Lockdown transformed how we all live our lives. It also changed how the Council interacts with communities. In those first few months, barriers that once stopped progress were torn down as teams worked in partnership with local people to ensure support was given to those most in need.

Driving a significant part of our initial response was the team behind our Council of the Future Closer to Communities project, now called Closer to Communities with Community Choices.

Set up to offer support, learning and development opportunities to communities to help address issues important to them, the project had found it hard to gain traction before COVID-19 … then everything changed.  

Mark Meechan, one of the project leads, reflects on the past eight months. He said:

“Our project adapted well to COVID-19. In some ways the pandemic was the catalyst we needed to move things forward. Before lockdown there were many barriers, including a lack of trust and flexibility and, crucially, a lack of appreciation of the expertise that communities hold. These hurdles were literally overcome overnight as everyone became an equal partner in dealing with the crisis.

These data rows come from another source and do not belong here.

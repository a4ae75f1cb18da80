//! The keyboard and its calls.

ghost use Rattle.std.specs.Prelude.{◌≡◌, ◌≢◌, ◌≤◌, ◌+◌, ◌∷◌, [], ℕ, List, None, Ok, false, take, IfOk, IfSome, is_none};
ghost use Rattle.std.specs.Option.{option_map};
ghost use Rattle.layers.specs.Entries.{changed};
ghost use Rattle.layers.specs.Keymaps.{HasEntries};
ghost use Rattle.layers.specs.Usages.{has_key, has_consumer};
ghost use Rattle.control_ep.specs.Answers.{in_answer, checked_answer, IfNak, IfStall};
ghost use Rattle.control_ep.specs.Written.{as_answer, out_answer, HasRoom};
ghost use Rattle.control_ep.specs.Transfers.{Stalled};
ghost use Rattle.control_ep.specs.declared.answer.EpAnswer.{EpAnswer};
ghost use Rattle.key_reports.specs.Past.{keys_after, consumer_after, answer_after};
ghost use Rattle.page_turnover.specs.Active.{format};
ghost use Rattle.page_turnover.specs.Next.{on_flash};
ghost use Rattle.keymap_store.specs.declared.store.Work.{Work};
ghost use Rattle.page_turnover.specs.Steps.{CountsAs};
ghost use Rattle.keyboard.specs.Calls.{Call, Scanned, SetUp, Out, In, Polled, Worked, BusReset, image_after, keymap};
ghost use Rattle.keyboard.specs.Effects.{leds_after, selected, protocol_after};
ghost use Rattle.keyboard.specs.Commands.{accepted, settled_of};
ghost use Rattle.keyboard.specs.Keys.{key_calls};
ghost use Rattle.keyboard.specs.Feature.{command_of_bytes, select_answer};
ghost use Rattle.keyboard.specs.Endpoint.{verdict_reported, stage_after};
ghost use Rattle.keyboard.specs.representation.Private.{Checks};
ghost use Rattle.keyboard.specs.Restart.{CutsLegally};
ghost use Rattle.keyboard.specs.Conforming.{IsAnswered, MakesSuch};
ghost use Rattle.keyboard.specs.Sessions.{Session, MayLeave, Follow};

use crate::feature::{command_of_bytes, verdict_of};
use crate::room::Room;
use crate::shown::Shown;
use control_ep::{ControlEp, Effect, EpAnswer, InAnswer, OutAnswer, Received, Verdict, Why};
use flash_model::NorFlash;
use key_reports::{KeyReports, Protocol, Report, Scan};
use keymap_store::{StoreOf, Work};
use layers::{Command, Defaults, KeyNo, KeymapOf, LayerNo, Standard, Usages};
use std::alloc::{AllocError, Global};
use std::marker::Model;

/// A keyboard of 96 keys on a NOR flash that keeps its keymap, with these defaults.
///
/// ```rust
/// # #[cfg(feature = "sim")]
/// # fn main() -> Result<(), wuzhikar::PageCount> {
/// use wuzhikar::{EpAnswer, Keyboard, SimFlash, Work};
///
/// let mut flash = SimFlash::blank(2).unwrap();
/// let mut keyboard = Keyboard::on(&flash)?;
/// // SET_REPORT of the feature report: operation 1 writes code 0029h (Escape) on layer 0, key 5.
/// keyboard.setup([0x21, 0x09, 3, 3, 0, 0, 6, 0]);
/// assert_eq!(keyboard.out(&[3, 1, 0, 5, 0x29, 0]), EpAnswer::Ack);
/// // The status packet waits until the flash has the assignment.
/// assert_eq!(keyboard.in_packet(), EpAnswer::Nak);
/// while keyboard.work(&mut flash) == Work::Working {}
/// assert!(matches!(keyboard.in_packet(), EpAnswer::Packet(packet) if packet.is_empty()));
/// # Ok(())
/// # }
/// # #[cfg(not(feature = "sim"))]
/// # fn main() {}
/// ```
#[derive(Debug, Drop)]
pub struct KeyboardOf<D: Defaults> {
    ep: ControlEp,
    keys: KeyReports,
    store: StoreOf<D>,
    protocol: Protocol,
    leds: u8,
    /// The entry that GET_REPORT of the feature report shows.
    layer: LayerNo,
    key: KeyNo,
}

/// A keyboard with the standard defaults.
pub type Keyboard = KeyboardOf<Standard>;

impl<D: Defaults> Model for KeyboardOf<D> {
    ghost use Rattle.keyboard.specs.representation.Value.{KeyboardValue};

    ghost Value = { KeyboardValue };

    ghost view = { λ k. record { ep = k.ep; keys = k.keys; store = k.store; protocol = k.protocol; leds = k.leds; layer = k.layer; key = k.key } };
}
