//! Requests for memory that are refused. In a plain run none is; the test command can refuse one.

use super::so_ended;
use crate::tests::asserts::same_text;
use crate::tests::rows::text_of;
use arrayvec::ArrayVec;
use parse_lines::{LinesError, parse_text};
use std::process::Abort;

/// An ID, a range and a single usage, and two fields.
const TEXT: &[u8] = b"85 01 05 07 19 04 29 08 09 0A 75 01 95 06 81 02 A4 91 02 B4";

const PRINTED: &str =
    "input 1 0 1 6 0 0 variable 00070004-00070008,0007000a\noutput 1 0 1 6 0 0 variable -\n";

/// All is printed, or the fault alone where a request was refused.
fn is_printed<R: Abort>(rt: &R, ended: Result<(), LinesError>, printed: &[u8], expected: &str) {
    let (ends, expected) = match ended {
        Ok(()) => (Ok(()), expected),
        Err(_) => (Err(LinesError::Memory), "fault memory\n"),
    };
    same_text(rt, text_of(printed), expected, "the fault alone");
    so_ended(rt, ended, ends, "the fault alone");
}

#[test]
fn the_fault_alone(rt: HostRuntime) {
    let mut reader = TEXT;
    let mut printed: ArrayVec<u8, 128> = ArrayVec::new();
    let ended = parse_text(rt.alloc(), &mut reader, &mut printed);
    is_printed(&rt, ended, printed.as_slice(), PRINTED);
}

“Partners, including community groups, quickly agreeing shared goals and roles, using everyone’s knowledge and expertise to identify existing avenues and new ways to reach those in need. There was a real harmony to how we worked. Not everything went well. People became exhausted and there were disagreements, but we all worked together to find solutions in a respectful, honest, transparent, positive and constructive way.

“COVID-19 has been devastating, but it has also helped build trust and respect. We are now using what we learned during lockdown to develop a new way of working across all the projects sitting within the Council’s new Communities priority. This will ensure community voices are not only heard but used to steer us in a new direction. It will also help us create and enable more partnership working and build on the good work undertaken since March. If we don’t, the social capital gained will be greatly diminished.”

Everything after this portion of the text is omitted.